In our time, Thomas Torrance has stated that the notion of Jesus’ interceding Priesthood improves upon the almost “mechanical” implications of earlier views – that his death was a transaction that had to be done to “balance the account books.” It also moves the Atonement out of the court-room analogy. Here now the legal demands against us are satisfied in Christ becoming a curse for us on the cross, in our place as a substitution. It also links Father and Son together in the working out of our common salvation.

Now, says Torrance, we can grasp Calvary’s mysterious elements “in terms of the intimacy of the Father-Son relation, in which the Son submits himself to the Father’s judgment and is answered through the Father’s good pleasure.”

That last phrase is crucial for setting the Atonement in the even wider realm of God’s ultimate purpose to “bring many sons to glory” (Hebrews 2:8).

How so? Well what is the Father’s good pleasure? Was it Jesus’ death?

Reconciliation and More

Once a lady wrote me saying how she could not see how another death (Jesus on the cross) was something to celebrate as on Good Friday. Good point, except that one life lost was the Creator of all, the One for the Many. A holy God foreseeing human sin knew that an atonement would have to be made. Thus we read about “the Lamb slain from the foundation of the world” (Revelation 13:8).

Sin is the barrier between God and us. In his mercy and grace God slew an animal to clothe Adam and Eve after their disobedience – the first shedding of blood for sacrifice. The consistent Old Testament theme of sacrifice prepares us for the Substituionary theme that is preached fulsomely today. It goes a long long way in showing forth the purposes of God.

But, what were God’s ultimate purposes? Even if Jesus died in a penal law-court kind of analogy or to balance the books to get us acquitted...it always seemed there was something more at work. What was “the Father’s good pleasure?”

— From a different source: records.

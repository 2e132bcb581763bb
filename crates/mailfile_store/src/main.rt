//! Runs an archive in a file: captures mail, lists and reads records, exports them, holds and destroys them.
//!
//! It works on the desk and the store by their calls, so no octet of a message is ever read as a command.
#![tactic(auto)]

mod files;

use cli_tasks::serve;
use files::FileArchives;
use std::process::ExitCode;

fn main(rt: HostRuntime) -> ExitCode {
    serve(&rt, &FileArchives)
}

The answer here takes us even deeper beyond Jesus’ willingness to die on the cross as the pivotal act in the divine purposes at work.

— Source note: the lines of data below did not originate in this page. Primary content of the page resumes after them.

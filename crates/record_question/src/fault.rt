//! Why a text is no question.

use sieve_check::CheckFault;
use sieve_text::{TextFault, TextRefusal};
use std::alloc::AllocError;

/// Why a text is no question.
#[derive(Clone, Copy)]
pub enum QuestionFault {
    /// 99: no memory.
    NoMemory,
    /// The text is not exactly one test: the refusal, 10 to 16, 20 or 21, and its offset in octets.
    Text(TextRefusal, usize),
    /// The test is not well made: the refusal, 30 to 41.
    Test(CheckFault),
}

impl From<TextFault> for QuestionFault {
    ghost use Rattle.std.specs.Prelude.{◌≡◌};
    ghost use Rattle.record_question.specs.Faults.{of_text};

    ghost from_gives = { λ e f. f ≡ of_text e };

    fn from(fault: TextFault) -> QuestionFault {
        match fault {
            TextFault::NoMemory => QuestionFault::NoMemory,
            TextFault::Refused(refusal, at) => QuestionFault::Text(refusal, at),
        }
    }
}

impl From<CheckFault> for QuestionFault {
    ghost use Rattle.std.specs.Prelude.{◌≡◌};
    ghost use Rattle.record_question.specs.declared.fault.QuestionFault.TheVariants.{Test};

    ghost from_gives = { λ e f. f ≡ Test e };

    fn from(fault: CheckFault) -> QuestionFault {
        QuestionFault::Test(fault)
    }
}

impl From<AllocError> for QuestionFault {
    ghost use Rattle.std.specs.Prelude.{◌≡◌};
    ghost use Rattle.record_question.specs.declared.fault.QuestionFault.TheVariants.{NoMemory};

    ghost from_gives = { λ _ f. f ≡ NoMemory };

    fn from(_: AllocError) -> QuestionFault {
        QuestionFault::NoMemory
    }
}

Resurrection, Ascension, Return: Mission Accomplished

Jesus not only died, he was resurrected and ascended to take his place again as the eternal Son in the heavenly places. That was the pattern beautifully sketched in Hebrews 9:11-14. But even more so, when he went to heaven with his own blood – symbolically speaking – he also took us with him in that deep spiritual sense of thinking “beyond the veil” we see in the Book of Hebrews.

Paul confirmed it in Ephesians 2:4-7. He wrote how “God, being rich in mercy…even when we were dead in our trespasses made us alive together with Christ and raised us up with him and seated us with him in the heavenly places in Christ Jesus.”

In Romans 8:15-17 Paul coined the best one-word summary of what God’s ultimate purpose is all about. That word is adoption. Through Jesus’ death, burial and resurrection and ascension we are joined to another Family, the heavenly family in the heavenly realm. This is why Jesus is called our brother and we his joint-heirs, inheritors of the Kingdom yet to come in all its fullness when God’s purposes reach maximum fulfillment (Romans 8:15-17).

Let’s remember, the holy God would be acting unjustly if he simply “waved aside” human sin and catastrophic evil. Jesus entered into our darkness, our sin and alienation, took it upon himself voluntarily at the cross, dismissed its ultimate hold over us and then furthered the good purposes of God by adopting us with him into the family of God. He did this by sending the Holy Spirit, the Spirit of sonship, as his Agent to accomplish all this.

In all this the example of the cross is pivotal. It is a work of rescue we humans can understand even if we chose the limited analogies of the court-room and the account ledger. The powerful life-transforming message of the cross is connected with the full realization of what a holy God intended from the beginning. By suffering the full assault of evil while living among us, by suffering an unbelievably painful and humiliating death, Jesus became the Brother of all sufferers and also their Rescuer, Redeemer and Restorer to what God had in mind in the first place.

Therefore God has highly exalted him and given him preeminence in all things in heaven and earth and the purposes of God move forward, now and forever, Amen.